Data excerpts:
○ ○ ○ ○

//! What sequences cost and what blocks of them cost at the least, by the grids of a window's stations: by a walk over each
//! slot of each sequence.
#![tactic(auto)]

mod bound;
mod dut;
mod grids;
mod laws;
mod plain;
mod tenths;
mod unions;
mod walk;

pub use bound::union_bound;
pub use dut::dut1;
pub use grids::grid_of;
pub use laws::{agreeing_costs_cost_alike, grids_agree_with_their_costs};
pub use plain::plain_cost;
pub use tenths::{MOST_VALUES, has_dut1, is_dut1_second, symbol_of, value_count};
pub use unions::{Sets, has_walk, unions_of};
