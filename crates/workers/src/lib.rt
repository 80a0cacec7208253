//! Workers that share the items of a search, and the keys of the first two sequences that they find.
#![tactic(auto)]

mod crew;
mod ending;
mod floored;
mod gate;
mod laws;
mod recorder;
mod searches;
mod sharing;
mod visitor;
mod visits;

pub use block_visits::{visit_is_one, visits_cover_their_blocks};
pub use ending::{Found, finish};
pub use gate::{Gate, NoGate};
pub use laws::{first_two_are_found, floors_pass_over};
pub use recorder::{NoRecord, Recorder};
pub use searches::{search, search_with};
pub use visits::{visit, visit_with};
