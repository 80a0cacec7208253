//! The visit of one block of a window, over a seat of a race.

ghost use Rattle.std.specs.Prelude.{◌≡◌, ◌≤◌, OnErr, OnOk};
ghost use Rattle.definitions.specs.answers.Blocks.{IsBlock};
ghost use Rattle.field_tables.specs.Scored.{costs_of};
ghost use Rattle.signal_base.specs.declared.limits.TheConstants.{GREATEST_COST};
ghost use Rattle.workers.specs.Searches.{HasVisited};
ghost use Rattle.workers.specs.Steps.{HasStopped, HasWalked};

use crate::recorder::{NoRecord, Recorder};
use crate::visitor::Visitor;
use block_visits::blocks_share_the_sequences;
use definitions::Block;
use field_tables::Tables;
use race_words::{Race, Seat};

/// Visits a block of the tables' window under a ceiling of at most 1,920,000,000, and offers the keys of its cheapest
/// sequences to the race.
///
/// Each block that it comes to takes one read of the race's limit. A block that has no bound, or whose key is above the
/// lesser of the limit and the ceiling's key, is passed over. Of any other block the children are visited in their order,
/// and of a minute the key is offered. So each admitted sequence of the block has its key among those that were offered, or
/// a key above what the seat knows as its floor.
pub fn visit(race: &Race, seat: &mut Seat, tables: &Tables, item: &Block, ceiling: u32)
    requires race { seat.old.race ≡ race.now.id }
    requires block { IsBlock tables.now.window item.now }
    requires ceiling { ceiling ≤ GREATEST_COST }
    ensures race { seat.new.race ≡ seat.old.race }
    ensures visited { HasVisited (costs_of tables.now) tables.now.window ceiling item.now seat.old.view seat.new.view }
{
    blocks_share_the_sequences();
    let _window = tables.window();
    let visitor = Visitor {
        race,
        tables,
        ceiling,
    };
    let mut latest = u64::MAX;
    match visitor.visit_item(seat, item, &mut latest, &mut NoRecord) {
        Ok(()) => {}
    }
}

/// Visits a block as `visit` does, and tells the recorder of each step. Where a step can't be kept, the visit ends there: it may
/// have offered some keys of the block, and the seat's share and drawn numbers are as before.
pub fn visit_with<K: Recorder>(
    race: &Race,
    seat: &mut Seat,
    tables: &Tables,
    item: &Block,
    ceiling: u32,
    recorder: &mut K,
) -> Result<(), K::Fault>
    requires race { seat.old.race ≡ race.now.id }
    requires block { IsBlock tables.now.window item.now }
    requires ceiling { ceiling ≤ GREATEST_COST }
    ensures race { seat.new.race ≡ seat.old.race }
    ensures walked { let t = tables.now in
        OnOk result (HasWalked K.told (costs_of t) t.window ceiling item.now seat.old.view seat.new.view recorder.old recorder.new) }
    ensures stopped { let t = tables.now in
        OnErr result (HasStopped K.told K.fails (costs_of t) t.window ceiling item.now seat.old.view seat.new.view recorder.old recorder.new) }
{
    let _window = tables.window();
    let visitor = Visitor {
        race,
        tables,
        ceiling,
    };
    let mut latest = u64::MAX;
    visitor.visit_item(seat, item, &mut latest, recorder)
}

○ ○ ○ ○

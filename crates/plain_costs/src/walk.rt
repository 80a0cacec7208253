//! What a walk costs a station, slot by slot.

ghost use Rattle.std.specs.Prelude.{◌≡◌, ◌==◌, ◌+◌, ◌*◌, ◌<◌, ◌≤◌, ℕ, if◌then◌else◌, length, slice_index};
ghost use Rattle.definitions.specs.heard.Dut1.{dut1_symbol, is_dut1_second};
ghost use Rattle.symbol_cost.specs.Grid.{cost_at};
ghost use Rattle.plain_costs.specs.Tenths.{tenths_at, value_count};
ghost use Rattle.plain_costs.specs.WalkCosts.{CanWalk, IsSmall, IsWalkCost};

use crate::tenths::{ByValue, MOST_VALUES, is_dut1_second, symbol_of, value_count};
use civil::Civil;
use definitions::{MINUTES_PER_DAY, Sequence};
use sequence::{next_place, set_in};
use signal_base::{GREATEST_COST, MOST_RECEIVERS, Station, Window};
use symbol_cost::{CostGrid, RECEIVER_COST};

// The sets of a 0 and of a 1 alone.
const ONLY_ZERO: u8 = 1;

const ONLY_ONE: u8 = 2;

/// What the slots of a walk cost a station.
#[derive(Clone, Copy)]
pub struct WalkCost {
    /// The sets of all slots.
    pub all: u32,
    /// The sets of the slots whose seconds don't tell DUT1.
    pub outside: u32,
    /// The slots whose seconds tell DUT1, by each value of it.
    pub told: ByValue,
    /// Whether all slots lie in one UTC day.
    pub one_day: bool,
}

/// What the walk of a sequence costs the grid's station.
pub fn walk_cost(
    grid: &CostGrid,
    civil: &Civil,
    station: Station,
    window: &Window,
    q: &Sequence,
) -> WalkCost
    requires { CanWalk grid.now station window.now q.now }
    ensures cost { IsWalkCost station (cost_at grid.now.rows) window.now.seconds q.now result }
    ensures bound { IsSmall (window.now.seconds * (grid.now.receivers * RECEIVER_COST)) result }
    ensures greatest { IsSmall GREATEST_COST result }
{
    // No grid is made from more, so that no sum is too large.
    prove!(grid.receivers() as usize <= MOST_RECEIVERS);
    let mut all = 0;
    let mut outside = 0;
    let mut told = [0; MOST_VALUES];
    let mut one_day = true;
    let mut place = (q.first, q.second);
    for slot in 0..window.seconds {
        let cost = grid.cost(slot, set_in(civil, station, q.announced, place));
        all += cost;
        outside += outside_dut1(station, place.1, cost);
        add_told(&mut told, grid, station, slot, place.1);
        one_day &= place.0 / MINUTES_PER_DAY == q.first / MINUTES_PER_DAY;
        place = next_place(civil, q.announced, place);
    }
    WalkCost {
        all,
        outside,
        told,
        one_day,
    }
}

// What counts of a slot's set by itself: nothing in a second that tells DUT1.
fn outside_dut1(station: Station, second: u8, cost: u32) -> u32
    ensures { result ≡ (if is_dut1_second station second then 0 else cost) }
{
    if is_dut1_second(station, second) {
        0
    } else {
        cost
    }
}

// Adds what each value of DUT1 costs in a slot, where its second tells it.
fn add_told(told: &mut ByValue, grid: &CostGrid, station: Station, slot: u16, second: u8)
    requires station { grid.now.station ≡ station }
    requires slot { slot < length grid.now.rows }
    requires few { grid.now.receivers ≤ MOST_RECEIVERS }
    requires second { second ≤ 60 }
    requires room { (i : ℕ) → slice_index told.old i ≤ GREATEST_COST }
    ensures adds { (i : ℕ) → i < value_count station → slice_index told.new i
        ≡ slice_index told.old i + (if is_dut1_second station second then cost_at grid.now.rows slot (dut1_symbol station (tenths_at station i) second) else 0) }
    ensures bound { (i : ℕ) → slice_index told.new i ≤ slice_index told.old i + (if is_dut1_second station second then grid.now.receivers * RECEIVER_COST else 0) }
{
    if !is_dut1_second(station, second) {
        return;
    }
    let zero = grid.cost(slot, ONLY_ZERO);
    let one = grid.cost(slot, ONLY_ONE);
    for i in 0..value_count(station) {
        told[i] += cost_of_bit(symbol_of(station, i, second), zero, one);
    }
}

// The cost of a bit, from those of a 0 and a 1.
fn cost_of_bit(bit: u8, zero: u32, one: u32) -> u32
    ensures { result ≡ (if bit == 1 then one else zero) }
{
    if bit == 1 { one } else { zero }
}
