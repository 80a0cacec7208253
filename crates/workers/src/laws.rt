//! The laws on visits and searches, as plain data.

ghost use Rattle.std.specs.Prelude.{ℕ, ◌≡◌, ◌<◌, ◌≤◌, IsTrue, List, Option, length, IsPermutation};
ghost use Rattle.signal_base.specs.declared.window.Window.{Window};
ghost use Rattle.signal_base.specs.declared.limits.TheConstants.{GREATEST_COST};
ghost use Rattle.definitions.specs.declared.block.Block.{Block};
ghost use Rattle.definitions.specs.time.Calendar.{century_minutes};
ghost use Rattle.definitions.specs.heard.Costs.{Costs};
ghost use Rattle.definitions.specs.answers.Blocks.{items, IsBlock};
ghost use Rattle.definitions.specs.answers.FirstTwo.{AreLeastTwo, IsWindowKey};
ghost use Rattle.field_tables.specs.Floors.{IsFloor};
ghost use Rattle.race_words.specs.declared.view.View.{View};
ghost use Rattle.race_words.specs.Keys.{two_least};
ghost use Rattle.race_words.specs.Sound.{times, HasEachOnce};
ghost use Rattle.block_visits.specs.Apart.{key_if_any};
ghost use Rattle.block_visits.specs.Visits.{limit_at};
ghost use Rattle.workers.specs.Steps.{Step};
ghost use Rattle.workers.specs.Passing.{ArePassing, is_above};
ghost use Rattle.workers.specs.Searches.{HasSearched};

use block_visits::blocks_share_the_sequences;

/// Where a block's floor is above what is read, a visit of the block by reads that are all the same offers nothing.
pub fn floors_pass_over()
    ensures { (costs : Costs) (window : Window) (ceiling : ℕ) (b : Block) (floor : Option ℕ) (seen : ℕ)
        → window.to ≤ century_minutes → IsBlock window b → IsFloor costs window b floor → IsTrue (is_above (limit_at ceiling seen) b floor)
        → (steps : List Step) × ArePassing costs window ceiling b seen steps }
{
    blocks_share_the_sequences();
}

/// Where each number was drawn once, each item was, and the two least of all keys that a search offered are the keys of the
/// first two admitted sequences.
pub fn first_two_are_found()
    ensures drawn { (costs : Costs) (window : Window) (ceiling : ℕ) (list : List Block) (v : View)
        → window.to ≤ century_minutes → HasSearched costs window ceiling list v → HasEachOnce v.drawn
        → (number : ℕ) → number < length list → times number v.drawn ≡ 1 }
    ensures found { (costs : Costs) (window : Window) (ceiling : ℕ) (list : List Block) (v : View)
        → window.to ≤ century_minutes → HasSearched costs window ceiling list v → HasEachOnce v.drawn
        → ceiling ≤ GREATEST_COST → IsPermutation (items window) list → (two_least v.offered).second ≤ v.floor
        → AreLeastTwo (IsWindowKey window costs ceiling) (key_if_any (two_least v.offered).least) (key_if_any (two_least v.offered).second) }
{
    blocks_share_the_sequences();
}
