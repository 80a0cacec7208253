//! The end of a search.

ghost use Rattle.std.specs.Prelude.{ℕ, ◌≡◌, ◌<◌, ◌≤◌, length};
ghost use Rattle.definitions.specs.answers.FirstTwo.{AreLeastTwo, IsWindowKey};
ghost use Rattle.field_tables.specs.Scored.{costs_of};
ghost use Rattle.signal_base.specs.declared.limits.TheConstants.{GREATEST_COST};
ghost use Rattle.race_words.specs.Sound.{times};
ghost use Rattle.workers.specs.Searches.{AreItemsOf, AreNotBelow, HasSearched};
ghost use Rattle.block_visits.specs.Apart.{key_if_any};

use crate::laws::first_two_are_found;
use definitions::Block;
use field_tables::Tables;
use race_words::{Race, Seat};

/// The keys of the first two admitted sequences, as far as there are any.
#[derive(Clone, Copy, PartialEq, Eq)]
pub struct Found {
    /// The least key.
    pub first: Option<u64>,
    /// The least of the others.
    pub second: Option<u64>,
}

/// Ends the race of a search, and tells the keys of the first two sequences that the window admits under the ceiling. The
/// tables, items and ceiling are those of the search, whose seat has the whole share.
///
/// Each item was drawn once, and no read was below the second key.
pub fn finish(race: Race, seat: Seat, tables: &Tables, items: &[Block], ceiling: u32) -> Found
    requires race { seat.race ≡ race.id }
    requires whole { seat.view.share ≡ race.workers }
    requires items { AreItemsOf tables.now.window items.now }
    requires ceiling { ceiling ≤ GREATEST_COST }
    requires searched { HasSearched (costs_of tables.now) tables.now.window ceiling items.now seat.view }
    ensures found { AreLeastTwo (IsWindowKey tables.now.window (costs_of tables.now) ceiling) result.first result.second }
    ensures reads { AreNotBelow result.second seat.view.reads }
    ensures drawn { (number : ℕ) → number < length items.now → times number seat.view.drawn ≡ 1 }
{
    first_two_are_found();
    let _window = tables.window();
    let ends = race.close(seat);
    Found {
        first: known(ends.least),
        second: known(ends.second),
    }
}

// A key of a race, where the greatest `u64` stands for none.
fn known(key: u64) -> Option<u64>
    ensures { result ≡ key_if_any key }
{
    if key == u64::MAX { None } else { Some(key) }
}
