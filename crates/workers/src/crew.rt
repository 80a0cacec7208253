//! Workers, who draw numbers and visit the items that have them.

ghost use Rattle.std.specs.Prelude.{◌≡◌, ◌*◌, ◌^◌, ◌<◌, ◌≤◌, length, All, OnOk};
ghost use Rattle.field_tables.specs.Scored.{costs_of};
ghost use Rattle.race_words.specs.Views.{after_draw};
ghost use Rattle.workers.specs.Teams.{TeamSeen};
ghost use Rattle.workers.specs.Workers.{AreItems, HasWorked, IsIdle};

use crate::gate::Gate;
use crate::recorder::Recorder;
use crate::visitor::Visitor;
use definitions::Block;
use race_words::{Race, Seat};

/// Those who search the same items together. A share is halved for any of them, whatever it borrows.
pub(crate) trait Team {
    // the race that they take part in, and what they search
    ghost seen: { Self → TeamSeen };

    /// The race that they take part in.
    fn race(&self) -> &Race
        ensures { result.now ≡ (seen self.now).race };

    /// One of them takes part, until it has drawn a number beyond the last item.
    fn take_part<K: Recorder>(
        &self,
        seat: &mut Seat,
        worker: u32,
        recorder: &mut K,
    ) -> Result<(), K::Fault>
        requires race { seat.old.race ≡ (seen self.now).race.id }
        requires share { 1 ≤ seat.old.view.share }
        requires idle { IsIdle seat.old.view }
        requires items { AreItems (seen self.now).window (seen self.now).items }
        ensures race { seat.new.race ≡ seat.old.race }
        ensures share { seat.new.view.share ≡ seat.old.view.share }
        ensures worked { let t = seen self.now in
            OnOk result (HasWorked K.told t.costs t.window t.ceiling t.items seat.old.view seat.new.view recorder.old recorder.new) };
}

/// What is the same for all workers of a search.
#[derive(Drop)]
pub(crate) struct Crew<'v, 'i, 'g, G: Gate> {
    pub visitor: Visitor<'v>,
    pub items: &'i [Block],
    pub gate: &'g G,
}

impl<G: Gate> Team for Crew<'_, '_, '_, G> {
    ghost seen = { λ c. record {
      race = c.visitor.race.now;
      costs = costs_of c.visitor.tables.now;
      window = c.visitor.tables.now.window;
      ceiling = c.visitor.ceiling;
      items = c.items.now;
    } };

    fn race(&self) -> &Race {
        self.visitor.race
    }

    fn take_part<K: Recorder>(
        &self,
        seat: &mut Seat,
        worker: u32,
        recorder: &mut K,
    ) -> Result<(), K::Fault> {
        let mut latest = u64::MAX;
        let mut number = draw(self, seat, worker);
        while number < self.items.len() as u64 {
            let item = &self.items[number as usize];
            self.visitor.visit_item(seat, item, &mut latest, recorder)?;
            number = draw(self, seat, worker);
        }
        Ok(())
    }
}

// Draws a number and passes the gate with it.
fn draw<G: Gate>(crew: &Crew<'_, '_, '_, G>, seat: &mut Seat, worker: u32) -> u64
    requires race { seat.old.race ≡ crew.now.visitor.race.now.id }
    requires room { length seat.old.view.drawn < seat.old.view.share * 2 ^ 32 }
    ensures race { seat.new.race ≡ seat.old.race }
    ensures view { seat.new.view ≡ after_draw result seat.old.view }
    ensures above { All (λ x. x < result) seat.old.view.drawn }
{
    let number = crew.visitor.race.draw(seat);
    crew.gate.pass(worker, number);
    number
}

○ ○ ○ ○

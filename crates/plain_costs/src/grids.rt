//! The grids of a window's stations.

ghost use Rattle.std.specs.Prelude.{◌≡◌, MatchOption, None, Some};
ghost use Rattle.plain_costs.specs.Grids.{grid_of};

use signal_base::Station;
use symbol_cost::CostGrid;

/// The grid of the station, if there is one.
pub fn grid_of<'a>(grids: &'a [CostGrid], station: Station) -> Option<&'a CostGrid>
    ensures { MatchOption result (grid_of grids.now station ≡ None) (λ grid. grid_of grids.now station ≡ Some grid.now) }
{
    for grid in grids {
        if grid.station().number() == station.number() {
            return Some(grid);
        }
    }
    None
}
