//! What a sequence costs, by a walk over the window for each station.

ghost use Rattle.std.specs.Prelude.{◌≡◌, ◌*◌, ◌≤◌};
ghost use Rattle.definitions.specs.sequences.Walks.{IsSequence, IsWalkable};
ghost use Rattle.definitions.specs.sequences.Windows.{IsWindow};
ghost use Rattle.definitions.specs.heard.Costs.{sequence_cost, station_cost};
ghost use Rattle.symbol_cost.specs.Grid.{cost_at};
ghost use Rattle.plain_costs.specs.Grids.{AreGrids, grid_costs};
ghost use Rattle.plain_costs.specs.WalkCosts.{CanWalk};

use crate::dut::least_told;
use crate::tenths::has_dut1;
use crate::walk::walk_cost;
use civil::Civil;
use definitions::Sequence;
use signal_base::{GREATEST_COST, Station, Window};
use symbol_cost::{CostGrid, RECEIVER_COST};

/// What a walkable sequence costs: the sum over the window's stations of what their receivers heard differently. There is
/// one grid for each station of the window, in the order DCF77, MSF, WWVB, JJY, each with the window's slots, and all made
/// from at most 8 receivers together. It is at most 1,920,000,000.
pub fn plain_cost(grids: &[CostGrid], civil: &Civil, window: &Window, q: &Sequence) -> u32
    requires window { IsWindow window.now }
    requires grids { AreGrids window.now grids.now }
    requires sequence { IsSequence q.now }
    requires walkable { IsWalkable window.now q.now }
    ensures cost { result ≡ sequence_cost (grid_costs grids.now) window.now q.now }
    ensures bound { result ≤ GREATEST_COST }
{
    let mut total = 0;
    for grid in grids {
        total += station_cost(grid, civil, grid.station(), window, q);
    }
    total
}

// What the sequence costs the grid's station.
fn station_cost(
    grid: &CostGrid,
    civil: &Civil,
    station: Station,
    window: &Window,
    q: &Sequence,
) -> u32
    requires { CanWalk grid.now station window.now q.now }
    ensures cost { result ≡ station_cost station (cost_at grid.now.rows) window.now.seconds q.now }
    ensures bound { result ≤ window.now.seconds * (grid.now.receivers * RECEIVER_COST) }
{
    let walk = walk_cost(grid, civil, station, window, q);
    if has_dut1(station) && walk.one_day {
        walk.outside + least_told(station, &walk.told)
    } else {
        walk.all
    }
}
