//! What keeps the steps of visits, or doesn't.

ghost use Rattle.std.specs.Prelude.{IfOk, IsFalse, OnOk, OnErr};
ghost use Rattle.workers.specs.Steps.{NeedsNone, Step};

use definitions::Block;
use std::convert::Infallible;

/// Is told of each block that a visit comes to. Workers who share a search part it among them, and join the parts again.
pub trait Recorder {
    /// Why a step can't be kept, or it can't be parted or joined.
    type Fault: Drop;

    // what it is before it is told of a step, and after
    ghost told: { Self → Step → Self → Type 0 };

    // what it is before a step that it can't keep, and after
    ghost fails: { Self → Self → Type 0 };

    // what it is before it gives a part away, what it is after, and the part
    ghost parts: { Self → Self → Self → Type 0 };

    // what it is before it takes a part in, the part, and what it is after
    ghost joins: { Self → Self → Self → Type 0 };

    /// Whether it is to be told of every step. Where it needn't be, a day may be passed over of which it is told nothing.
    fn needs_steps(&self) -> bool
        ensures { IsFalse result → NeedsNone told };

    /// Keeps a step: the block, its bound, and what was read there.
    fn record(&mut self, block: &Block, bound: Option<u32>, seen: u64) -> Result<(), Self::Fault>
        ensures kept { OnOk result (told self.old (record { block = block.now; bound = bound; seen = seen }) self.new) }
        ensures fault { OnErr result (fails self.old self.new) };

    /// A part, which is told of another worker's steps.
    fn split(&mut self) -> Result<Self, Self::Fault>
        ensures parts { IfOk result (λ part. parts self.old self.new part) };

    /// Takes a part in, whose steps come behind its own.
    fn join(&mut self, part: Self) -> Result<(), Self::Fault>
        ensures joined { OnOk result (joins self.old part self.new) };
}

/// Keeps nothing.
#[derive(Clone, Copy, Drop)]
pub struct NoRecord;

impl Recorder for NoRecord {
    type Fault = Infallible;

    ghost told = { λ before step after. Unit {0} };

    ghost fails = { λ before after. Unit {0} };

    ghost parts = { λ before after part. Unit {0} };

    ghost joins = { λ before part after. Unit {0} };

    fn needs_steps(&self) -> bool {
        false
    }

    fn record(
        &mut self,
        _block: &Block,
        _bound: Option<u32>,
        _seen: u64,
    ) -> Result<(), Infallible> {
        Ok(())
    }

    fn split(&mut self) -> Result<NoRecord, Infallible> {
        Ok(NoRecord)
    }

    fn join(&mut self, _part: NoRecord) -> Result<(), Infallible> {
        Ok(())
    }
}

○ ○ ○ ○

Using the entries above, state how many lines contain the string "HasStopped"; the number is all that is needed.

2